Records supplied:
*** Begin section ***
//! The arrows of a picture.

ghost use Rattle.std.specs.Prelude.{◌≡◌, ◌≤◌, length};
ghost use Rattle.cdb_draw.specs.Arrows.{arrow_at, arrow_text, copy_arrow, event_arrow};
ghost use Rattle.cdb_draw.specs.Arrows.{register_lane, register_spot, upright};
ghost use Rattle.cdb_draw.specs.Layout.{end_x, IsGrid, IsOnPage};
ghost use Rattle.cdb_draw.specs.Pieces.{pieces_text};
ghost use Rattle.cdb_draw.specs.Sends.{ArePlaces};
ghost use Rattle.cdb_draw.specs.Ways.{broken_way, way_text, whole_way};
ghost use Rattle.cdb_text.specs.Pushes.{Pushes};

use crate::layout::{Grid, Point, end_x, lane_y, register_y, row_of, spot, x_of};
use crate::piece::Piece::{At, Text};
use crate::piece::{Piece, push_each};
use crate::sends::{Places, Transit, place_of};
use crate::waits::push_on_way;
use crate::way::{Side, coming, leaving, passing, side_of};
use crate::weight::Weight;
use cdb_base::limits::MAX_ENTRIES;
use cdb_base::{Event, Kind, MsgName, Proc, Reg};
use std::alloc::AllocError;

/// The way of the arrow of a copy in one row.
fn whole_way(side: Side, from: Point, to: Point) -> [Piece<'static>; 5]
    requires from { IsOnPage from }
    requires to { IsOnPage to }
    ensures { pieces_text result ≡ way_text (whole_way side from to) }
{
    let (near, before) = (from.x + 26, to.x - 26);
    [
        At("M", from.x, from.y),
        At("L", near, leaving(side, from.y)),
        At("L", before, passing(side, from.y)),
        At("L", before, coming(side, to.y)),
        At("L", to.x, to.y),
    ]
}

/// That of a copy from one row to another, which begins again where the lane of the sender is there.
fn broken_way(side: Side, edge: usize, from: Point, lane: usize, to: Point) -> [Piece<'static>; 7]
    requires from { IsOnPage from }
    requires lane { 80 ≤ lane }
    requires within { lane ≤ 820_001_000 }
    requires to { IsOnPage to }
    ensures { pieces_text result ≡ way_text (broken_way side edge from lane to) }
{
    let (near, before) = (from.x + 26, to.x - 26);
    [
        At("M", from.x, from.y),
        At("L", near, leaving(side, from.y)),
        At("L", edge, passing(side, from.y)),
        At("M", 72, leaving(side, lane)),
        At("L", before, passing(side, lane)),
        At("L", before, coming(side, to.y)),
        At("L", to.x, to.y),
    ]
}

/// Straight down or up.
fn upright(x: usize, from: usize, to: usize) -> [Piece<'static>; 2]
    ensures { pieces_text result ≡ way_text (upright x from to) }
{
    [At("M", x, from), At("L", x, to)]
}

/// Adds an arrow of that class along a way.
fn push_way(
    text: &mut String,
    class: &str,
    weight: Weight,
    way: &[Piece<'static>],
) -> Result<(), AllocError>
    ensures { Pushes result text.old text.new (arrow_text class.now weight (pieces_text way.now)) }
{
    push_each(
        text,
        &[
            Text("<path class='"),
            Text(class),
            Text(" "),
            Text(weight.class()),
            Text("' d='"),
        ],
    )?;
    push_each(text, way)?;
    push_each(text, &[Text("'/>\n")])
}

/// Adds the arrow of a copy to an event at a position, from where its message was sent.
fn push_copy(
    text: &mut String,
    grid: Grid,
    events: &[Event],
    places: &Places,
    class: &str,
    weight: Weight,
    name: MsgName,
    position: usize,
    p: Proc,
) -> Result<(), AllocError>
    requires grid { IsGrid grid }
    requires few { length events.now ≤ MAX_ENTRIES }
    requires position { position ≤ MAX_ENTRIES }
    requires places { ArePlaces places.now events.now }
    ensures { Pushes result text.old text.new
        (copy_arrow grid events.now class.now weight name position p) }
{
    let s = name.s;
    let Some(i) = place_of(places, Transit::Sent(name)) else {
        return Ok(());
    };
    let (from, to) = (spot(grid, i, s), spot(grid, position, p));
    let side = side_of(s, p);
    let row = row_of(grid, position);
    if row_of(grid, i) == row {
        push_way(text, class, weight, &whole_way(side, from, to))
    } else {
        let lane = lane_y(grid, row, s);
        let way = broken_way(side, end_x(grid), from, lane, to);
        push_way(text, class, weight, &way)
    }
}

/// The number of the lane of a register.
fn register_lane(grid: Grid, register: Reg) -> usize
    requires { IsGrid grid }
    ensures value { result ≡ register_lane grid register }
    ensures few { result ≤ 10 }
{
    match register {
        Reg::R(p) => usize::from(p.number()),
        Reg::Dec => grid.processes + 1,
    }
}

/// Where the arrow of a read or a write at a position, from 1, comes to the lane of its register.
pub(crate) fn register_spot(grid: Grid, position: usize, register: Reg) -> Point
    requires grid { IsGrid grid }
    requires position { position ≤ MAX_ENTRIES }
    ensures { result ≡ register_spot grid position register }
{
    let lane = register_lane(grid, register);
    Point {
        x: x_of(grid, position),
        y: register_y(grid, row_of(grid, position), lane),
    }
}

/// Adds the arrow of the event at a position, from 1, where it has one.
pub(crate) fn push_arrow(
    text: &mut String,
    grid: Grid,
    events: &[Event],
    places: &Places,
    weight: Weight,
    position: usize,
    event: &Event,
) -> Result<(), AllocError>
    requires grid { IsGrid grid }
    requires few { length events.now ≤ MAX_ENTRIES }
    requires position { position ≤ MAX_ENTRIES }
    requires places { ArePlaces places.now events.now }
    ensures { Pushes result text.old text.new (event_arrow grid events.now weight position event.now) }
{
    let row = row_of(grid, position);
    match *event {
        Event::Step { p, kind, .. } => match kind {
            Kind::Recv(s, m) => {
                let name = MsgName { s, m };
                push_copy(
                    text, grid, events, places, "copy", weight, name, position, p,
                )
            }
            Kind::Read(register) => {
                let from = register_spot(grid, position, register);
                let way = upright(from.x, from.y, lane_y(grid, row, p));
                push_way(text, "read", weight, &way)
            }
            Kind::Write(register) => {
                let to = register_spot(grid, position, register);
                let way = upright(to.x, lane_y(grid, row, p), to.y);
                push_way(text, "write", weight, &way)
            }
            Kind::Send(m) => {
                let name = MsgName { s: p, m };
                push_on_way(text, grid, events, places, weight, position, &name)
            }
            Kind::Query(_) | Kind::Local | Kind::Learn | Kind::Crash => Ok(()),
        },
        Event::Lost(copy) => push_copy(
            text, grid, events, places, "lost", weight, copy.msg, position, copy.to,
        ),
    }
}
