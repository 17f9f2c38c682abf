//! Events of a run: steps of processes, and losses of copies.

ghost use Rattle.std.specs.Prelude.{◌≡◌};
ghost use Rattle.cdb_base.specs.Event.{event_name, is_step_of};

use crate::name::{CopyName, Proc, StepId, StepName};
use crate::register::Reg;

/// What a step does. A send is named by its number among the sends of the process, a receive by its
/// message.
#[derive(Clone, Copy, PartialEq, Eq)]
pub enum Kind {
    Query(Proc),
    Send(u16),
    Recv(Proc, u16),
    Read(Reg),
    Write(Reg),
    Local,
    Learn,
    Crash,
}

/// What stands in a history: a step of a process, or the loss of a copy by the network.
#[derive(Clone, Copy, PartialEq, Eq)]
pub enum Event {
    /// The `k`-th standing step of process `p`, and what it does; in a run `k` is from 1 to 9,999.
    Step { p: Proc, k: u16, kind: Kind },
    Lost(CopyName),
}

impl Event {
    /// The name under which the event stands.
    pub fn name(&self) -> StepId
        ensures { result ≡ event_name self.now }
    {
        match *self {
            Event::Step { p, k, .. } => StepId::Step(StepName { p, k }),
            Event::Lost(copy) => StepId::Lost(copy),
        }
    }

    /// Whether the event is a step of process `p`.
    pub fn is_step_of(&self, p: Proc) -> bool
        ensures { result ≡ is_step_of p self.now }
    {
        match self {
            Event::Step { p: q, .. } => *q == p,
            Event::Lost(_) => false,
        }
    }
}
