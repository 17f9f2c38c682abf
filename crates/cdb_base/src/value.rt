//! Values that are proposed and decided.

ghost use Rattle.std.specs.Prelude.{◌≡◌, ℕ, ◌≤◌, ◌↔◌, IsSome, IfSome};

use crate::limits::MAX_VALUE;
use std::marker::Model;

/// A value that processes propose and decide, from 0 to 999,999. A contract sees the number.
#[derive(Clone, Copy, Debug, PartialEq, Eq)]
pub struct Val(u32);

impl Model for Val {
    ghost use Rattle.std.specs.Prelude.{ℕ, ◌≤◌};
    ghost use Rattle.cdb_base.specs.Limits.{MAX_VALUE};

    ghost Value = { ℕ };

    ghost view = { λ v. v.0 };

    ghost invariant = { λ v. v.0 ≤ MAX_VALUE };

    ghost inverse = { λ n. record { 0 = n } };
}

impl Val {
    /// The value of that number, from 0 to 999,999.
    pub fn new(number: u32) -> Self
        requires { number ≤ MAX_VALUE }
        ensures value { result ≡ number }
    {
        Val(number)
    }

    /// The value of that number, where it is in range.
    pub fn from_number(number: u64) -> Option<Self>
        ensures valid { IsSome result ↔ (number ≤ MAX_VALUE) }
        ensures value { IfSome result (λ v. v ≡ number) }
    {
        if number <= u64::from(MAX_VALUE) {
            Some(Val(number as u32))
        } else {
            None
        }
    }

    /// The number of the value, from 0 to 999,999.
    pub fn number(self) -> u32
        ensures value { result ≡ self }
        ensures in_range { result ≤ MAX_VALUE }
    {
        self.0
    }
}
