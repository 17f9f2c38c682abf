//! The pieces of a picture's text, and how they are added to it.

ghost use Rattle.cdb_draw.specs.Pieces.{piece_text, pieces_text};
ghost use Rattle.cdb_text.specs.Pushes.{Pushes};
ghost use Rattle.std.specs.Prelude.{decimal};

use std::alloc::AllocError;

/// A piece of a text; numbers are decimal.
#[derive(Clone, Copy)]
pub enum Piece<'a> {
    Text(&'a str),
    Number(usize),
    /// A text, and a number after it.
    After(&'a str, usize),
    /// A text between two numbers.
    Between(usize, &'a str, usize),
    /// A sign, and the point after it.
    At(&'a str, usize, usize),
}

/// Adds a number.
fn push_number(text: &mut String, number: usize) -> Result<(), AllocError>
    ensures { Pushes result text.old text.new (decimal number) }
{
    let mut digits = itoa::Buffer::new();
    text.push_str(digits.format(number))
}

/// Adds a piece.
fn push_piece(text: &mut String, piece: Piece<'_>) -> Result<(), AllocError>
    ensures { Pushes result text.old text.new (piece_text piece.entry) }
{
    match piece {
        Piece::Text(it) => text.push_str(it),
        Piece::Number(number) => push_number(text, number),
        Piece::After(before, number) => {
            text.push_str(before)?;
            push_number(text, number)
        }
        Piece::Between(first, between, second) => {
            push_number(text, first)?;
            text.push_str(between)?;
            push_number(text, second)
        }
        Piece::At(sign, x, y) => {
            text.push_str(sign)?;
            push_number(text, x)?;
            text.push_str(",")?;
            push_number(text, y)
        }
    }
}

/// Adds pieces, one after the other.
pub(crate) fn push_each(text: &mut String, pieces: &[Piece<'_>]) -> Result<(), AllocError>
    ensures { Pushes result text.old text.new (pieces_text pieces.now) }
{
    for piece in pieces {
        push_piece(text, *piece)?;
    }
    Ok(())
}
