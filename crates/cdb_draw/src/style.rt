//! How the parts of a picture are drawn. Kinds of event differ by the shapes of their marks, and what is pale is
//! thin and dashed too, so that nothing rests on colours.

/// The beginning of the document, up to its size.
pub const NAMESPACE: &str = "<svg xmlns='http://www.w3.org/2000/svg' ";

/// How letters, lanes, arrows and marks look.
pub const STYLE: &str = "\
<style>
svg{background:white}
text{font:12px Arial,Helvetica,sans-serif;text-anchor:middle;paint-order:stroke;stroke:white;stroke-width:2px}
path,use{fill:none;stroke:black;stroke-width:1.3px}
.lane text,.register text,.holds text,.heading,.beside{text-anchor:start}
.lane .input,.note,.beside{font-size:10px}
.lane path,.register path{stroke-width:1px}
.register path{stroke-dasharray:1 3}
.copy,.read{marker-end:url(#tip)}
.read{marker-start:url(#dot)}
.write{marker-end:url(#end)}
.wait path{stroke-dasharray:2 2}
.decision,.beside{font-weight:bold}
.bold text{font-weight:bold}
path.bold,.bold use{stroke-width:3px}
.pale{opacity:.5;color:#ccc}
path.pale,.pale use{stroke-width:.7px;stroke-dasharray:3 2}
</style>
";

/// The tips of the arrows, and a shape for each kind of event.
pub const SHAPES: &str = "\
<defs>
<marker id='tip' viewBox='0 0 8 8' refX='15' refY='4' markerWidth='8' markerHeight='8' \
markerUnits='userSpaceOnUse' orient='auto'><path d='M0,0L8,4L0,8z' style='fill:black;stroke:none'/></marker>
<marker id='end' viewBox='0 0 8 8' refX='8' refY='4' markerWidth='8' markerHeight='8' \
markerUnits='userSpaceOnUse' orient='auto'><path d='M0,0L8,4L0,8z' style='fill:black;stroke:none'/></marker>
<marker id='dot' viewBox='0 0 8 8' refX='4' refY='4' markerWidth='6' markerHeight='6' \
markerUnits='userSpaceOnUse'><circle cx='4' cy='4' r='4' style='fill:black;stroke:none'/></marker>
<g id='query'><path d='M0,-8L8,0L0,8L-8,0z' style='fill:white'/></g>
<g id='send'><path d='M-6,-7L8,0L-6,7z' style='fill:currentColor'/></g>
<g id='recv'><circle r='6.5' style='fill:white'/></g>
<g id='read'><path d='M-6,-6h12v12h-12z' style='fill:white'/></g>
<g id='write'><path d='M-6,-6h12v12h-12z' style='fill:currentColor'/></g>
<g id='local'><circle r='4' style='fill:currentColor'/></g>
<g id='learn'><path d='M0,-8L8,6L-8,6z' style='fill:white'/></g>
<g id='crash'><path d='M0,-12v24' style='stroke-width:5px'/></g>
<g id='lost'><path d='M-6,-6L6,6M-6,6L6,-6' style='stroke-width:2.4px'/></g>
<g id='decided'><circle r='10.5'/></g>
</defs>
";
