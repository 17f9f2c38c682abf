//! The picture of a run, as SVG.
#![tactic(auto)]

mod arrow;
mod asked;
mod draws;
mod frames;
mod holds;
mod lanes;
mod laws;
mod layout;
mod mark;
mod picture;
mod piece;
mod sends;
pub mod style;
mod waits;
mod way;
mod weight;

pub use asked::picture_for;
pub use draws::picture_of;
pub use frames::Frames;
pub use laws::{arrows_keep_off_marks, most_drawn_is_defined};
pub use layout::MOST_DRAWN;
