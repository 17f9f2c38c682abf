//! The start of a thread, and its refusal.

ghost use Rattle.std.specs.Prelude.{◌≡◌, IfOk};

use std::error::Error;
use std::fmt;
use std::thread::{Promise, PromisedHandle, Scope};

/// The start of a thread was refused. `start` alone makes one, so a fault that holds one comes of a refused start.
#[derive(Debug, Clone, Copy, PartialEq, Eq)]
pub struct RefusedStart {
    /// Private, so that no other module makes one.
    refused: (),
}

/// The text that the program reports, without the end of the line.
impl fmt::Display for RefusedStart {
    ghost use Rattle.std.specs.Prelude.{Some};
    ghost use Rattle.cdb_base.specs.Start.{refused_start_text};

    ghost output = { λ _. Some refused_start_text };

    fn fmt<W: fmt::Write>(&self, f: &mut fmt::Formatter<W>) -> fmt::Result {
        f.write_str("no thread")
    }
}

impl Error for RefusedStart {}

/// Starts a thread in this scope, whose result keeps the promise. The closure is dropped where the start is refused.
pub fn start<'s, E, P: Promise<T> + Drop, F: FnOnce() -> T + Send + 's, T: Send + Drop + 's>(
    scope: &Scope<'s, E>,
    promise: P,
    f: F,
) -> Result<PromisedHandle<T, P>, RefusedStart>
    requires runs { F.pre f }
    requires keeps { (r : T) → F.post f r → P.kept_by promise r }
    ensures { IfOk result (λ handle. handle.promise ≡ promise) }
{
    match scope.spawn_with(promise, f) {
        Ok(handle) => Ok(handle),
        Err(_) => Err(RefusedStart { refused: () }),
    }
}
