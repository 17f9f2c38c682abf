//! What the ways of arrows are for, and up to where a run is drawn whole.

ghost use Rattle.std.specs.Prelude.{◌≡◌};
ghost use Rattle.cdb_draw.specs.Apart.{ArrowsKeepOff};
ghost use Rattle.cdb_draw.specs.Limits.{MOST_DRAWN as most_drawn};

use crate::layout::MOST_DRAWN;

/// No arrow of a message touches a mark that is not one of its ends: it keeps 8 units from the middle of each.
pub fn arrows_keep_off_marks()
    ensures { ArrowsKeepOff }
{}

/// The limit of what is drawn whole is the number that definitions have.
pub fn most_drawn_is_defined()
    ensures { MOST_DRAWN ≡ most_drawn }
{}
*** End section ***
Assignment:
Write out every line of the listing that holds the word "pale".

Task answer:
//! How the parts of a picture are drawn. Kinds of event differ by the shapes of their marks, and what is pale is
.pale{opacity:.5;color:#ccc}
path.pale,.pale use{stroke-width:.7px;stroke-dasharray:3 2}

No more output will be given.